[Source data]
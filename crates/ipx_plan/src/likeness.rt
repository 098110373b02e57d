//! When two links are alike.
ghost use Rattle.std.specs.Prelude.{◌≡◌, ◌<◌, length};
ghost use Rattle.ipx_plan.specs.Carriers.{same_carrier, is_tunnel, is_card, tunnel_port, is_shared};
ghost use Rattle.ipx_plan.specs.Likeness.{same_link, is_same, is_at_same_port, distance, distance_at};

use crate::carrier::Carrier;
use crate::link::Link;

/// The distance of two links that are the same.
pub(crate) const SAME: u8 = 0;

/// The distance of two tunnels at the same port.
pub(crate) const AT_PORT: u8 = 1;

/// The distance of two links that aren't alike.
const APART: u8 = 2;

pub(crate) fn same_carrier(a: Carrier, b: Carrier) -> bool
    ensures { result ≡ same_carrier a b }
{
    match (a, b) {
        (
            Carrier::Tunnel { port, address },
            Carrier::Tunnel {
                port: other,
                address: elsewhere,
            },
        ) => port == other && address == elsewhere,
        (Carrier::Card(card), Carrier::Card(other)) => card == other,
        (Carrier::Shared(number), Carrier::Shared(other))
        | (Carrier::Own(number), Carrier::Own(other)) => number == other,
        _ => false,
    }
}

pub(crate) fn is_tunnel(carrier: Carrier) -> bool
    ensures { result ≡ is_tunnel carrier }
{
    match carrier {
        Carrier::Tunnel { .. } => true,
        Carrier::Card(_) | Carrier::Shared(_) | Carrier::Own(_) => false,
    }
}

pub(crate) fn is_card(carrier: Carrier) -> bool
    ensures { result ≡ is_card carrier }
{
    match carrier {
        Carrier::Card(_) => true,
        Carrier::Tunnel { .. } | Carrier::Shared(_) | Carrier::Own(_) => false,
    }
}

/// The UDP port of a tunnel, 0 where it takes whichever is free; 0 of all else.
pub(crate) fn tunnel_port(carrier: Carrier) -> u16
    ensures { result ≡ tunnel_port carrier }
{
    match carrier {
        Carrier::Tunnel { port, .. } => port,
        Carrier::Card(_) | Carrier::Shared(_) | Carrier::Own(_) => 0,
    }
}

/// Whether all links on it share one cable.
pub(crate) fn is_shared(carrier: Carrier) -> bool
    ensures { result ≡ is_shared carrier }
{
    match carrier {
        Carrier::Tunnel { port, .. } => port != 0,
        Carrier::Shared(_) => true,
        Carrier::Card(_) | Carrier::Own(_) => false,
    }
}

/// Whether two links are carried alike, in the same kind of frames.
pub(crate) fn same_link(a: Link, b: Link) -> bool
    ensures { result ≡ same_link a b }
{
    same_carrier(a.carrier, b.carrier) && a.frames == b.frames
}

/// Whether two links are the only ones of the same network; or carried alike, where it has several links or had.
fn is_same(a: Link, b: Link) -> bool
    ensures { result ≡ is_same a b }
{
    a.network == b.network && (!(a.is_of_several || b.is_of_several) || same_link(a, b))
}

/// Whether two links are tunnels of the same network at the same port.
fn is_at_same_port(a: Link, b: Link) -> bool
    ensures { result ≡ is_at_same_port a b }
{
    let port = tunnel_port(a.carrier);
    a.network == b.network && port != 0 && port == tunnel_port(b.carrier)
}

fn distance(a: Link, b: Link) -> u8
    ensures { result ≡ distance a b }
{
    if is_same(a, b) {
        SAME
    } else if is_at_same_port(a, b) {
        AT_PORT
    } else {
        APART
    }
}

/// How far two links are from each other, by their numbers.
pub(crate) fn distance_at(old: &[Link], new: &[Link], j: usize, k: usize) -> u8
    requires old { j < length old.now }
    requires new { k < length new.now }
    ensures { result ≡ distance_at old.now new.now j k }
{
    distance(old[j], new[k])
}
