//! Links.

use crate::carrier::Carrier;
use ipx_wire::{Network, Node};

/// A link of a configuration, with what a plan needs to know of it. Of what is only compared it has a number: equal numbers, in either
/// configuration, mean the same.
///
/// See the example of [`Plan`](crate::Plan).
#[derive(Clone, Copy, Debug, Default, PartialEq, Eq)]
pub struct Link {
    /// The number of its network.
    pub network: Network,
    /// What carries it.
    pub carrier: Carrier,
    /// The kind of its frames.
    pub frames: u8,
    /// Whether its network has several links.
    pub is_of_several: bool,
    /// Whether it is the first link of its network.
    pub is_first: bool,
    /// A number for what else the router's port is made from: its cost, its longest packet, its shares.
    pub port: u32,
    /// The router's node there: of an old link the one that it has, of a new one the one that a new router would have; `None` while a card's
    /// address isn't known.
    pub node: Option<Node>,
    /// A number for the rules for its clients.
    pub clients: u32,
    /// A number for the sockets whose broadcasts are extended.
    pub sockets: u32,
}
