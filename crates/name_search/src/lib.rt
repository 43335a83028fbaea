// Finds the line of a terminal in a termcap database: from candidate to candidate, lines that may have the name. Only where the asked
// name is spelled, or may be cut by a backslash and a newline, is a line looked at by itself.
#![tactic(auto)]

ghost use Rattle.std.specs.Prelude.{◌≤◌, ◌<◌, ◌≡◌, length};
ghost use Rattle.spec.specs.Lines.{find_line};
ghost use Rattle.name_search.specs.Candidates.{Closes, LineOf, NextCandidate};

use lines::{is_ignored, is_name, line_end, next_name};
use name_scan::{BLOCKS, PARTS, next_hit};

// A database of fewer bytes is searched without the scan's lists: to clear them would cost more than they save.
const LISTED: usize = 2048;

// Where the line starts, behind the line's end at `end`, that has the place before `at`.
fn line_of(s: &[u8], end: usize, at: usize) -> usize
    requires end_lt_at { end < at }
    requires at_in_bounds { at ≤ length s.now }
    requires closes { Closes s.now end }
    ensures { LineOf s.now end at result }
{
    for i in (end + 1..at).rev() {
        if s[i] == b'\n' && s[i - 1] != b'\\' {
            return i + 1;
        }
    }
    end + 1
}

// Where a line starts, behind the line that ends at `end`, such that no line between the two has the name. An empty name has no byte to
// look for, and before the third byte there are no two: each line may have it.
fn next_candidate(
    s: &[u8],
    end: usize,
    name: &[u8],
    blocks: &mut [u16],
    parts: &mut [u16],
) -> Option<usize>
    requires end_in_bounds { end ≤ length s.now }
    requires closes { end < length s.now → Closes s.now end }
    ensures { NextCandidate s.now name.now end result }
{
    let len = s.len();
    if end == len {
        return None;
    }
    if end < 2 || name.is_empty() {
        return Some(end + 1);
    }
    let at = next_hit(s, end - 2, name, blocks, parts);
    if len - at > 2 {
        return Some(line_of(s, end, at + 3));
    }
    None
}

// Where the first line starts that is not ignored and that has the name: lines in the outer loop, names in the inner one. The outer loop
// goes from candidate to candidate; the lists are for the scan.
fn search_lines(db: &[u8], name: &[u8], blocks: &mut [u16], parts: &mut [u16]) -> Option<usize>
    ensures { result ≡ find_line db.now name.now }
{
    let mut at = 0;
    'lines: loop {
        if !is_ignored(db, at) {
            let mut p = at;
            loop {
                if is_name(db, p, name) {
                    break 'lines Some(at);
                }
                match next_name(db, p) {
                    Some(n) => p = n,
                    None => break,
                }
            }
        }
        match next_candidate(db, line_end(db, at), name, blocks, parts) {
            Some(n) => at = n,
            None => break None,
        }
    }
}

// Where the first line starts that is not ignored and that has the name.
pub fn find_line(db: &[u8], name: &[u8]) -> Option<usize>
    ensures { result ≡ find_line db.now name.now }
{
    if db.len() < LISTED {
        let mut no_blocks = [0u16; 0];
        let mut no_parts = [0u16; 0];
        return search_lines(db, name, &mut no_blocks, &mut no_parts);
    }
    let mut blocks = [0u16; BLOCKS];
    let mut parts = [0u16; PARTS];
    search_lines(db, name, &mut blocks, &mut parts)
}
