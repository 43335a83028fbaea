// The terminal of a name: refusals 16, 1 and 3, then the walk.
#![tactic(auto)]

ghost use Rattle.spec.specs.Files.{files};
ghost use Rattle.terminal.specs.Answers.{Resolved};

use chain::{Chain, follow_links};
use files::are_good_ends;
use identifiers::is_good_name;
use spec::{MOST_BYTES, Refusal};

// "Ends that fall, or pass the buffer, or more than eight, are the new refusal 16, before all others"; "limit 3 is for all of it". The
// database, its ends and the name stay three arguments, here and in the functions that call this: each is lent by itself.
pub fn resolve(db: &[u8], ends: &[usize], name: &[u8]) -> Result<Chain, Refusal>
    ensures { Resolved (files db.now ends.now) name.now result }
{
    if !are_good_ends(db, ends) {
        return Err(Refusal::BadEnds);
    }
    if !is_good_name(name) {
        return Err(Refusal::BadName);
    }
    if db.len() > MOST_BYTES {
        return Err(Refusal::DatabaseTooLarge);
    }
    follow_links(db, ends, name)
}
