//! The verdict on a log in lines, as it is printed: a reason by lines, the lines that it names and a sentence; and the
//! counts below it.
#![tactic(auto)]

mod counts;
mod log_text;
mod text;

pub use counts::{are_few, push_count, push_end, push_little};
pub use log_text::{lines_text, shows_little};
pub use text::{body_of, push_line, push_place_lines, push_writes, reason_text, verdict_text};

» **Work to complete**: From the records above, extract exactly and only the lines that begin at the line with "Carrier::Card(_) | Carrier::Own(_)" and stop after the line with "if is_at_same_port(a, b)".

» **Solution to this task**:
        Carrier::Card(_) | Carrier::Own(_) => false,
    }
}

/// Whether two links are carried alike, in the same kind of frames.
pub(crate) fn same_link(a: Link, b: Link) -> bool
    ensures { result ≡ same_link a b }
{
    same_carrier(a.carrier, b.carrier) && a.frames == b.frames
}

/// Whether two links are the only ones of the same network; or carried alike, where it has several links or had.
fn is_same(a: Link, b: Link) -> bool
    ensures { result ≡ is_same a b }
{
    a.network == b.network && (!(a.is_of_several || b.is_of_several) || same_link(a, b))
}

/// Whether two links are tunnels of the same network at the same port.
fn is_at_same_port(a: Link, b: Link) -> bool
    ensures { result ≡ is_at_same_port a b }
{
    let port = tunnel_port(a.carrier);
    a.network == b.network && port != 0 && port == tunnel_port(b.carrier)
}

fn distance(a: Link, b: Link) -> u8
    ensures { result ≡ distance a b }
{
    if is_same(a, b) {
        SAME
    } else if is_at_same_port(a, b) {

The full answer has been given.